Controlled release coatings serve an important role in granular fertilizers. These protective polymer layers regulate the speed of nutrient dissolution based on soil moisture and temperature. The objective is keeping nutrients available over a sustained period.

Polymer types often consist of plastic resins combined with sulfur, synthetic rubber, or vegetable oils. This tailors coating durability depending on the desired release rate.

Anti-Caking Agents

As granular fertilizers sit in storage, moisture and pressure can cause clumping. Anti-caking compounds prevent this through stabilizing agents, coatings, or crystal size/shape manipulation.

Common anti-caking materials consist of stearates, shale, gypsum, diatomaceous earths, silicas, and other crumbling minerals. These non-reactive substances separate fertilizer granules.

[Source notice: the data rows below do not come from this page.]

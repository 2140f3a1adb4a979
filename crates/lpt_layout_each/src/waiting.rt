//! What is left of a name.

/// What is left of a name: the parts that are of no message that was given out, and weren't given
/// up.
#[derive(Clone, Copy)]
pub struct WaitingAs {
    /// Of how many numbers there are parts.
    pub count: usize,
    /// The greatest of these numbers, 0 if there are none.
    pub highest: usize,
}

That sums up some other essential ingredients that enable efficient fertilizer production and handling!

The Bottom Line

• The main raw materials for fertilizer production consist of nitrogen compounds, phosphates, and potassium salts providing primary macronutrients.
• These originate from sources like phosphate rock mining, atmospheric separation, and extensive chemical processing and synthesis.
• Secondary nutrients and micronutrients represent a smaller but equally critical component supporting plant development, enzyme function, and stress tolerance.
• Additional raw materials like mineral fillers, polymer coatings, anti-caking additives play a role improving production, handling, and nutrient release characteristics.

So while the farming field is where fertilizers demonstrate their invaluable impact, it takes a vast industry harnessing resources globally to deliver the essential plant nutrients improving harvests.

Now that you know the raw materials backbone enabling fertilizers, you can better appreciate the science powering our food production system!